Records from a collection
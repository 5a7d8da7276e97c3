// A bench in C's hands: its state is 62 bytes that the caller keeps beside its two tables.
ghost use Rattle.std.specs.Prelude.{◌≡◌};
ghost use Rattle.boundary.specs.Benches.{fresh_put, step_put, show_at, offset_at};

// Both ends up and idle with any two last used, both tables cleared.
#[unsafe(no_mangle)]
pub extern "C" fn nooseless_bench_fresh(
    state: &mut [u8],
    out: &mut [u8],
    back: &mut [u8],
    console_last_used: u32,
    controller_last_used: u32,
) -> u8
    ensures { record { told = result; state = state.new; out = out.new; back = back.new } ≡ fresh_put (record { 0 = console_last_used }) (record { 0 = controller_last_used }) state.old out.old back.old }
{
    boundary::benches::nooseless_bench_fresh(
        state,
        out,
        back,
        console_last_used,
        controller_last_used,
    )
}

// One of the fourteen actions, with any place and any copies.
#[unsafe(no_mangle)]
pub extern "C" fn nooseless_bench_step(
    state: &mut [u8],
    out: &mut [u8],
    back: &mut [u8],
    letter: u8,
    place: usize,
    copies: usize,
    message: &[u8; 16],
    delivered: &mut [u8; 16],
) -> u8
    ensures { record { told = result; state = state.new; out = out.new; back = back.new; delivered = delivered.new } ≡ step_put state.old (record { letter = letter; place = place; copies = copies; message = message.now }) out.old back.old delivered.old }
{
    boundary::benches::nooseless_bench_step(
        state, out, back, letter, place, copies, message, delivered,
    )
}

// Where the packet at a place lies in the table of the channel that leads to an end.
#[unsafe(no_mangle)]
pub extern "C" fn nooseless_bench_show(
    state: &[u8],
    out: &[u8],
    back: &[u8],
    end: u8,
    place: usize,
    offset: &mut usize,
) -> u8
    ensures { (result ≡ show_at state.now out.now back.now end place) × (offset.new ≡ offset_at (show_at state.now out.now back.now end place) place offset.old) }
{
    boundary::benches::nooseless_bench_show(state, out, back, end, place, offset)
}
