// The list program's records and lines in C's hands.
ghost use Rattle.std.specs.Prelude.{◌≡◌};
ghost use Rattle.bench.specs.Running.{list_run};

// Plays records of 21 bytes on a fresh bench with 0 and 0, and writes a line of 27 bytes for each, as far as there is room.
#[unsafe(no_mangle)]
pub extern "C" fn nooseless_run(input: &[u8], output: &mut [u8]) -> usize
    ensures { record { number = result; output = output.new } ≡ list_run input.now output.old }
{
    boundary::lists::nooseless_run(input, output)
}
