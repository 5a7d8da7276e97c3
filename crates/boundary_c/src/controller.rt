// A controller in C's hands: its state is 23 bytes that the caller keeps.
ghost use Rattle.std.specs.Prelude.{◌≡◌};
ghost use Rattle.ends_controller.specs.Fields.{fresh_controller, controller_ok};
ghost use Rattle.boundary.specs.State.{length_refusal, written, start_refusal, started, state_record_refusal, state_record_put};
ghost use Rattle.boundary.specs.Controller.{controller_bytes, controller_at};
ghost use Rattle.boundary.specs.Controller.{controller_record, start_at, downed_bytes, controller_state_step};

// Up and idle, with any last used.
#[unsafe(no_mangle)]
pub extern "C" fn nooseless_controller_fresh(state: &mut [u8], last_used: u32) -> u8
    ensures { (result ≡ length_refusal 23 state.old) × (state.new ≡ written 23 state.old (controller_bytes (fresh_controller (record { 0 = last_used })))) }
{
    boundary::controller::nooseless_controller_fresh(state, last_used)
}

// After power loss: down, with the numbers of the controller's number record, of either version.
#[unsafe(no_mangle)]
pub extern "C" fn nooseless_controller_downed(state: &mut [u8], record: &[u8]) -> u8
    ensures { (result ≡ start_refusal 23 state.old (start_at «record».now)) × (state.new ≡ started 23 state.old (start_at «record».now) (downed_bytes «record».now)) }
{
    boundary::controller::nooseless_controller_downed(state, record)
}

// The number record to keep where a step told that it changed.
#[unsafe(no_mangle)]
pub extern "C" fn nooseless_controller_record(state: &[u8], out: &mut [u8]) -> u8
    ensures { (result ≡ state_record_refusal (controller_ok (controller_at state.now)) (controller_record (controller_at state.now)) out.old) × (out.new ≡ state_record_put (controller_ok (controller_at state.now)) (controller_record (controller_at state.now)) out.old) }
{
    boundary::controller::nooseless_controller_record(state, out)
}

// O K R X Y of a controller run alone.
#[unsafe(no_mangle)]
pub extern "C" fn nooseless_controller_step(
    state: &mut [u8],
    letter: u8,
    packet: &[u8],
    reply: &mut [u8],
    delivered: &mut [u8; 16],
) -> u8
    ensures { record { told = result; state = state.new; reply = reply.new; delivered = delivered.new } ≡ controller_state_step state.old letter packet.now reply.old delivered.old }
{
    boundary::controller::nooseless_controller_step(state, letter, packet, reply, delivered)
}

AIM OF THE TASK
Among the entries above, how many lines hold the string "idle"? Respond with nothing but the number.

ANSWER FOR THE TASK
2